Qualche macchina passò, sfrecciando ai limiti del massimo, la radio accesa a tutto volume su qualche nuova hit mondiale, che vendeva sul mercato qualche centinaia di migliaia di copie... la musica
sovrastava tutto, le parole, i respiri, i sospiri malcelati. "Purtroppo" ripeté meccanicamente Ino, ma questo sfuggì al raziocinio del giovane che ora era preso da tutt'altri pensieri.

"Ti sembrerà un discorso stupido...", iniziò, sapendo perfettamente di non poter dire nulla di sciocco, quelle labbra non bestemmiavano idiozie. "...ma ci si può accorgere di aver sbagliato... totalmente?"
marcò l'ultima parola, avvicinandosi con una strana e pericolosa distanza alla ragazza.

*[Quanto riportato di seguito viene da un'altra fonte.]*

//! An order of a grammar's productions in which a work list has little left to do: those of a rule come after those
//! of the rules that they name, unless names lead around in a cycle.

ghost use Rattle.std.specs.Prelude.{◌≡◌, ◌<◌, [], ◌∷◌, ◌++◌, IfOk, OnOk, MatchOption, length, get_or};
ghost use Rattle.cfg_sets.specs.Orders.{IsOrder, stops_below};

use crate::work_list::WorkList;
use cfg_base::index::IndexStorage;
use cfg_base::symbol::{PIdx, Symbol};
use cfg_numbered::yacc::grammar::NumberedGrammar;
use std::alloc::{AllocError, Global};
use std::marker::Model;
use vob::Vob;

/// A rule to which a walk comes: before those that its productions name, and again behind them.
#[derive(Clone, Copy)]
pub struct Stop {
    /// The rule's number.
    pub rule: usize,
    /// Whether the walk comes back from the rules that the rule's productions name.
    pub is_behind: bool,
}

/// Puts the rules that a production names on the stack.
fn push_named<S: IndexStorage>(
    grm: &NumberedGrammar<S>,
    pidx: PIdx<S>,
    stack: &mut Vec<Stop>,
) -> Result<(), AllocError>
    requires { S.number pidx.0 < length grm.now.grammar.productions }
{
    let symbols = grm.prod(pidx);
    'symbols: for index in 0..symbols.len() {
        if let Symbol::Rule(rule) = symbols[index] {
            let rule = rule.0.to_usize();
            let is_behind = false;
            stack.push(Stop { rule, is_behind })?;
        }
    }
    Ok(())
}

/// Puts the rules that a rule's productions name on the stack.
fn push_all_named<S: IndexStorage>(
    grm: &NumberedGrammar<S>,
    rule: usize,
    stack: &mut Vec<Stop>,
) -> Result<(), AllocError>
    requires { rule < grm.now.grammar.rules }
{
    let prods = grm.rule_to_prods(grm.rule_at(rule));
    'prods: for index in 0..prods.len() {
        push_named(grm, prods[index], stack)?;
    }
    Ok(())
}

/// Puts the productions of a rule into the order.
fn put_prods<S: IndexStorage>(
    grm: &NumberedGrammar<S>,
    rule: usize,
    order: &mut WorkList,
) -> Result<(), AllocError>
    requires rule { rule < grm.now.grammar.rules }
    requires order { order.old.rules ≡ length grm.now.grammar.productions }
    ensures { OnOk result (order.new.rules ≡ order.old.rules) }
{
    let prods = grm.rule_to_prods(grm.rule_at(rule));
    'prods: for index in 0..prods.len() {
        order.put(prods[index].0.to_usize())?;
    }
    Ok(())
}

/// Goes on from a rule that was taken off the stack.
fn go_on<S: IndexStorage>(
    grm: &NumberedGrammar<S>,
    stop: Stop,
    seen: &mut Vob,
    stack: &mut Vec<Stop>,
    order: &mut WorkList,
) -> Result<(), AllocError>
    requires seen { length seen.old.bits ≡ grm.now.grammar.rules }
    requires order { order.old.rules ≡ length grm.now.grammar.productions }
    ensures seen { OnOk result (length seen.new.bits ≡ grm.now.grammar.rules) }
    ensures order { OnOk result (order.new.rules ≡ order.old.rules) }
{
    let rule = stop.rule;
    let Some(was_seen) = seen.get(rule) else {
        return Ok(());
    };
    if stop.is_behind {
        return put_prods(grm, rule, order);
    }
    if was_seen {
        return Ok(());
    }
    seen.set(rule, true);
    let is_behind = true;
    stack.push(Stop { rule, is_behind })?;
    push_all_named(grm, rule, stack)
}

/// Puts the rules below a number on the stack, the first on top.
pub fn push_rules(rules: usize, stack: &mut Vec<Stop>) -> Result<(), AllocError>
    ensures { OnOk result (stack.new.items ≡ stack.old.items ++ stops_below rules) }
{
    'rules: for number in 0..rules {
        let rule = rules - 1 - number;
        let is_behind = false;
        stack.push(Stop { rule, is_behind })?;
    }
    Ok(())
}

/// Puts the productions into the order as a walk through all rules, in depth, leaves their rules behind.
fn walk<S: IndexStorage>(
    alloc: Global,
    grm: &NumberedGrammar<S>,
    order: &mut WorkList,
) -> Result<(), AllocError>
    requires { order.old.rules ≡ length grm.now.grammar.productions }
    ensures { OnOk result (order.new.rules ≡ order.old.rules) }
{
    let rules = grm.rules_len().0.to_usize();
    let mut seen = Vob::from_elem(alloc, false, rules)?;
    let mut stack = Vec::new(alloc);
    push_rules(rules, &mut stack)?;
    // Each rule is gone on from once, so that the stack is empty long before the last turn.
    'turns: for _ in 0..usize::MAX {
        let Some(stop) = stack.pop() else {
            return Ok(());
        };
        go_on(grm, stop, &mut seen, &mut stack, order)?;
    }
    Ok(())
}

/// Puts the productions that aren't there behind the others.
fn put_rest(prods: usize, order: &mut WorkList) -> Result<(), AllocError>
    requires { order.old.rules ≡ prods }
    ensures rules { OnOk result (order.new.rules ≡ order.old.rules) }
    ensures all { OnOk result (IsOrder prods order.new.list) }
{
    'prods: for number in 0..prods {
        order.put(number)?;
    }
    order.stays_within();
    Ok(())
}

/// The productions of a grammar in an order.
#[derive(Drop)]
pub struct Order {
    list: Vec<usize>,
}

impl Model for Order {
    ghost use Rattle.std.specs.Prelude.{ℕ, List};

    ghost Value = { List ℕ };

    ghost view = { λ o. o.list.items };
}

impl Order {
    /// Returns an order of all productions in which those of a rule come after those of the rules that they name,
    /// unless names lead around in a cycle.
    pub fn named_first<S: IndexStorage>(
        alloc: Global,
        grm: &NumberedGrammar<S>,
    ) -> Result<Order, AllocError>
        ensures { IfOk result (λ o. IsOrder (length grm.now.grammar.productions) o) }
    {
        let prods = grm.prods_len().0.to_usize();
        let mut order = WorkList::new(alloc, prods)?;
        walk(alloc, grm, &mut order)?;
        Order::begun_with(prods, order)
    }

    /// Returns the productions of a list, and behind them the others.
    pub fn begun_with(prods: usize, list: WorkList) -> Result<Order, AllocError>
        requires { list.rules ≡ prods }
        ensures { IfOk result (λ o. IsOrder prods o) }
    {
        let mut order = list;
        put_rest(prods, &mut order)?;
        Ok(Order {
            list: order.into_list(),
        })
    }

    /// Returns how many productions there are.
    pub fn len(&self) -> usize
        ensures { result ≡ length self.now }
    {
        self.list.len()
    }

    /// Returns the production at an index of the order.
    pub fn at(&self, index: usize) -> usize
        requires { index < length self.now }
        ensures { result ≡ get_or self.now index 0 }
    {
        self.list[index]
    }

    /// Takes the last production off.
    pub fn pop(&mut self) -> Option<usize>
        ensures { MatchOption result (self.old ≡ []) (λ p. self.old ≡ self.new ++ p ∷ []) }
    {
        self.list.pop()
    }
}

Razionalità. Razionalità. Razionalità.

Si ripeteva come un ritornello, ignorando il battito del cuore accelerato, l'iperventilazione che sembrava volerla soccombere da un momento all'altro e le ginocchia che tremavano, e non per il freddo.
"No", lo allontanò, spingendolo prontamente indietro. "Non si può tornare indietro, anche se fosse così"

Non osò guardarlo negli occhi, non voleva affogare.
"E se volessi premere il tasto per accelerare i tempi?" poggiò un dito sul suo mento, avvicinandolo bruscamente al proprio, fino a sentirlo sfiorare.
"Shika sei ubriaco" comunicò, tentando d'allontanarsi.
Ma la forza del suo petto era misera in confronto a quella del ragazzo che adesso stava lentamente confessandole un amore -poteva definirlo tale?- pudico e violento, casto e letale, sacro e profano.
Il migliore dei mali era sicuramente la lussuria... lo sapeva, alla tentazione si poteva solo cedere.

"Mai stato così lucido" affermò, sfiorandole le guance di marmo.
Fremette Ino, il candore della sua pelle divenne color oca, il turbinio d'emozioni che lottavano nel suo cuore erano una battaglia doverosa, da vincere ad ogni costo. Eppure queste non volevano saperne
di battersi... si limitavano ad appendersi a specchi di finta indifferenza, finendo inevitabilmente per scontrarsi con la realtà. "Te ne pentirai . Me ne pentirò"

Sospirarono, all'unisono.
"Lo so" ancora insieme, come risvegliati e condannati ad una favola destinata a morire sul nascere.
Conveniente però, pensò Ino, sentendo due braccia avvolgerle la schiena in modo tutt'altro che amichevole, la bocca essere spezzata in due da dolenti baci dal nome sofferenza. E non poterono che
sfuggirle due stille d'acciaio, che tentò di nascondere in tutti i modi.




Quello era un suicidio.
Ma le sembrava bello che non fosse la sola a compierlo...
anzi, accanto a lei c'era il genio di Konoha.
Allora anche i geni commettono follie, passi falsi, diventano preda di qualcosa.
O, per dirla in termini più comuni,
Si innamorano.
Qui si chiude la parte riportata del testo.